Task brief — In the entries below, find each line with the word "ended" and return it.
#####
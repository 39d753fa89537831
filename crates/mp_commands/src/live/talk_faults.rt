//! The fault of a run whose lines ended with one.
ghost use Rattle.std.specs.Prelude.{◌≡◌};
ghost use Rattle.mp_commands.specs.live.TalkFaults.{run_fault_of};

use crate::command_runs::RunFault;
use mp_seats::TalkFault;

/// The fault of a run whose lines ended with this one.
pub fn fault_of_talk(fault: TalkFault) -> RunFault
    ensures { result ≡ run_fault_of fault }
{
    match fault {
        TalkFault::ReadFailed => RunFault::ReadFailed,
        TalkFault::WriteFailed => RunFault::WriteFailed,
        TalkFault::OutOfMemory => RunFault::OutOfMemory,
    }
}
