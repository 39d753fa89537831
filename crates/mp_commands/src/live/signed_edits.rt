//! The accepted edits of a live desk as lines, with who made them.
ghost use Rattle.std.specs.Prelude.{◌≡◌, ◌+◌, ◌<◌, slice_get};
ghost use Rattle.mp_version.specs.Limits.{max_edits};
ghost use Rattle.mp_streams.specs.Outgoing.{Writes};
ghost use Rattle.mp_commands.specs.live.SignedEdits.{author_text, author_at, signed_at, signed_from, signed_text};

use crate::answers::put_unread;
use mp_streams::{Failed, Out, Sink, Text};
use mp_text::{EditText, LineError};
use mp_version::{History, Version};

/// Who made an edit, as a comment behind its line: nothing for 0, where nobody at the desk made it.
#[derive(Drop)]
struct Author {
    number: u64,
}

impl Text for Author {
    ghost use Rattle.mp_commands.specs.live.SignedEdits.{author_text};

    ghost text = { λ author. author_text author.number };

    fn put_to<S: Sink>(&self, out: &mut Out<S>) -> Result<(), Failed> {
        if self.number == 0 {
            Ok(())
        } else {
            (" # designer-", self.number).put_to(out)
        }
    }
}

/// Writes the accepted edits from a number on, each with who made it, or that this is no number of an edit.
pub(crate) fn put_signed<T: Sink>(
    out: &mut Out<T>,
    version: &Version,
    authors: &[usize],
    from: u64,
) -> Result<(), Failed>
    ensures { Writes result out.old out.new (signed_text authors.now version.now.edits from) }
{
    if from < 1 || from > u64::from(version.number()) + 1 {
        return put_unread(out, LineError::BadNumber);
    }
    put_signed_from(out, version.edits(), authors, (from - 1) as u32)
}

/// Writes a line for each edit from this place on, the first place being 0.
#[tactic(auto, using(crate::proofs::lemmas::live::SignedEditLemmas::signed_left_steps))]
fn put_signed_from<T: Sink>(
    out: &mut Out<T>,
    edits: &History,
    authors: &[usize],
    first: u32,
) -> Result<(), Failed>
    ensures { Writes result out.old out.new (signed_from authors.now edits.now first) }
{
    for place in first..edits.len() {
        put_signed_at(out, edits, authors, place)?;
    }
    Ok(())
}

/// Writes the line of the edit in a place; nothing if there is none.
fn put_signed_at<T: Sink>(
    out: &mut Out<T>,
    edits: &History,
    authors: &[usize],
    place: u32,
) -> Result<(), Failed>
    requires { place < max_edits }
    ensures { Writes result out.old out.new (signed_at authors.now (place + 1) (slice_get edits.now place)) }
{
    match edits.get(place) {
        Some(edit) => {
            let author = author_in(authors, place);
            (place + 1, " ", (EditText { edit }, author), "\n").put_to(out)
        }
        None => Ok(()),
    }
}

/// Who made the edit in a place.
fn author_in(authors: &[usize], place: u32) -> Author
    ensures { author_text result.number ≡ author_at (slice_get authors.now place) }
{
    match authors.get(place as usize) {
        Some(author) => Author {
            number: *author as u64,
        },
        None => Author { number: 0 },
    }
}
#####
Result below —
//! The fault of a run whose lines ended with one.
/// The fault of a run whose lines ended with this one.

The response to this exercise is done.